‘CARE’ is something we do for others, but it’s also an emotional attitude of attentive compassion, of kindness, and delivering it can be a privilege as much as it can also be a burden and a responsibility.
These words from GP Gavin Francis’ perhaps best capture the message of his new book, Intensive Care. Francis writes on behalf of the medical profession, eloquently telling of “the evolution of a pandemic seen from inside that profession, carrying on its work quietly, unobtrusively”.
Healthcare professionals know all too well the immense challenges posed by Covid-19 during the long months of 2020, and what they did to support and care for their patients and communities. Francis shares a personal account of caring for his community. This is important. It provides a reminder of why the quietly, unobtrusively caring profession was cheered so loudly early in the pandemic.
Intensive Care is skilfully written and provides a concise, stirring account of nine months when everything changed. Francis’ narrative of his everyday encounters with, and care of, patients is complemented by asides on medical history (including pandemics and public health, with fascinating tales about life in days gone by in Edinburgh, where Francis lives and works), the science of viruses and vaccines, along with the details of what we very quickly learnt about Covid and how it makes us ill, and how the profession rose to tackle one of the greatest challenges faced by the NHS.
Francis explores the burdens and responsibilities borne by healthcare professionals during the pandemic in the face of what some doctors considered to be inconsistent and unclear official advice, limited access to PPE, new ways of working (balancing the need for greater remote working with the need to maintain the fundamental aspect of the doctor-patient interaction – the clinical encounter) and those suddenly even-more-difficult conversations about end-of-life care and ‘rationing’ healthcare.
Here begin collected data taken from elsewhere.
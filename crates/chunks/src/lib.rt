// One chunk of a loaded container: whether it may be read, its bytes as a part of the image, and the place of that part.
#![tactic(auto)]

ghost use Rattle.std.specs.Prelude.{◌≡◌, ◌+◌, ◌-◌, ◌*◌, ◌<◌, ◌≤◌, length, take, drop, not, pos, [], ◌∷◌, Ok, IfOk, MatchResult};
ghost use Rattle.endian.specs.Signed.{within};
ghost use Rattle.format.specs.Limits.{max_tasks};
ghost use Rattle.format.specs.Refusals.{test, first_failing, answered};
ghost use Rattle.format.specs.Answers.{part_of};
ghost use Rattle.format.specs.Record.{file_in, count_of};
ghost use Rattle.format.specs.declared.head.File.{File};
ghost use Rattle.format.specs.declared.head.File.TheVariants.{Single};
ghost use Rattle.format.specs.declared.loaded.Loaded.{Loaded};
ghost use Rattle.format.specs.declared.loaded.Place.{Place};
ghost use Rattle.format.specs.Reads.{container_of, read_tests, chunks_used, chunk_bytes, chunk_refusal, chunk_part, chunk_place, part_answer};
ghost use Rattle.format.specs.Passed.{Readable};

use format::head;
use format::head::{File, LISTS};
use format::loaded::{Loaded, Place};
use format::refusal::Refusal;
use layout::Layout;

// Tests 17, 18, 19 and 14, of the file that the call means.
pub fn test_read(
    file: File,
    l: Loaded,
    lists: &[u64; LISTS],
    image: &[u8],
    table: &[i64],
    task: u64,
) -> Result<(), Refusal>
    ensures { answered result ≡ first_failing (read_tests (container_of file l lists.now image.now table.now) task) }
{
    records::test_loaded(file, l, lists, image, table)?;
    if task < 1 || (l.head.n as u64) < task {
        return Err(Refusal::NoTask);
    }
    Ok(())
}

// Where the written bytes of a chunk that the tests allow lie in the image.
pub fn place_of(
    l: Loaded,
    lists: &[u64; LISTS],
    image: &[u8],
    table: &[i64],
    task: u64,
    chunk: u64,
) -> Place
    requires readable { Readable (container_of (file_in l.head) l lists.now image.now table.now) task }
    requires le_chunk { (1 ≤ chunk) × (chunk ≤ chunks_used (container_of (file_in l.head) l lists.now image.now table.now) task) }
    ensures value { part_of (Ok result) ≡ chunk_place (container_of (file_in l.head) l lists.now image.now table.now) task chunk }
    ensures length_in_bounds { result.start + result.length ≤ length image.now }
{
    let start = Layout::of(l.head, lists).chunk_start(task, chunk);
    let at = (chunk - 1) as usize * l.head.n as usize + (task - 1) as usize;
    let length = tables::written(table, at);
    Place { start, length }
}

fn bytes_at(image: &[u8], place: Place) -> &[u8]
    requires { place.start + place.length ≤ length image.now }
    ensures { result.now ≡ take place.length (drop place.start image.now) }
{
    let start = place.start as usize;
    &image[start..start + place.length as usize]
}

// These bytes themselves.
pub fn chunk_part<'a>(
    l: Loaded,
    lists: &[u64; LISTS],
    image: &'a [u8],
    table: &[i64],
    task: u64,
    chunk: u64,
) -> &'a [u8]
    requires readable { Readable (container_of (file_in l.head) l lists.now image.now table.now) task }
    requires le_chunk { (1 ≤ chunk) × (chunk ≤ chunks_used (container_of (file_in l.head) l lists.now image.now table.now) task) }
    ensures { result.now ≡ chunk_bytes (container_of (file_in l.head) l lists.now image.now table.now) task chunk }
{
    bytes_at(image, place_of(l, lists, image, table, task, chunk))
}

// Test 22: whether a task that is one uses this chunk.
pub fn test_used(lists: &[u64; LISTS], task: u64, chunk: u64) -> Result<(), Refusal>
    requires { (1 ≤ task) × (task ≤ max_tasks) }
    ensures { answered result ≡ first_failing (test 22 (not (within 1 (count_of lists.now (task - 1)) (pos chunk))) ∷ []) }
{
    let used = lists[head::COUNTS + (task - 1) as usize];
    if chunk < 1 || used < chunk {
        return Err(Refusal::NoChunk);
    }
    Ok(())
}

// Tests 17, 18, 19, 14 and 22 of a chunk.
pub fn test_chunk(
    l: Loaded,
    lists: &[u64; LISTS],
    image: &[u8],
    table: &[i64],
    task: u64,
    chunk: u64,
) -> Result<(), Refusal>
    ensures { answered result ≡ chunk_refusal (container_of Single l lists.now image.now table.now) task chunk }
{
    test_read(File::Single, l, lists, image, table, task)?;
    test_used(lists, task, chunk)
}

// Where the written bytes of one chunk lie in the image: for callers that cannot be handed a part of it.
pub fn part(
    l: Loaded,
    lists: &[u64; LISTS],
    image: &[u8],
    table: &[i64],
    task: u64,
    chunk: u64,
) -> Result<Place, Refusal>
    ensures value { part_of result ≡ part_answer (container_of Single l lists.now image.now table.now) task chunk }
    ensures length_in_bounds { IfOk result (λ place. place.start + place.length ≤ length image.now) }
{
    test_chunk(l, lists, image, table, task, chunk)?;
    Ok(place_of(l, lists, image, table, task, chunk))
}

// These bytes themselves, as a part of the image, or the refusal.
pub fn try_chunk<'a>(
    l: Loaded,
    lists: &[u64; LISTS],
    image: &'a [u8],
    table: &[i64],
    task: u64,
    chunk: u64,
) -> Result<&'a [u8], Refusal>
    ensures value { answered result ≡ chunk_refusal (container_of Single l lists.now image.now table.now) task chunk }
    ensures bytes { MatchResult result (λ part. part.now ≡ chunk_part (container_of Single l lists.now image.now table.now) task chunk) (λ _. [] ≡ chunk_part (container_of Single l lists.now image.now table.now) task chunk) }
{
    let place = part(l, lists, image, table, task, chunk)?;
    Ok(bytes_at(image, place))
}

// The same, and the empty part where it is refused: `test_chunk` says why.
pub fn chunk<'a>(
    l: Loaded,
    lists: &[u64; LISTS],
    image: &'a [u8],
    table: &[i64],
    task: u64,
    chunk: u64,
) -> &'a [u8]
    ensures { result.now ≡ chunk_part (container_of Single l lists.now image.now table.now) task chunk }
{
    match try_chunk(l, lists, image, table, task, chunk) {
        Ok(part) => part,
        Err(_) => &image[..0],
    }
}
Francis writes: “I had the sense that society was only just becoming aware of the gruelling questions that, within medicine, we’re accustomed to asking”.
Perhaps one of the greatest challenges, along with ‘long Covid’, facing the NHS in the years ahead will be the mental health repercussions from the pandemic and lockdown. Francis ends his account of 2020 with an acknowledgement that “the work of medicine is without end” and that, as before, intensive care and kindness will help us overcome all.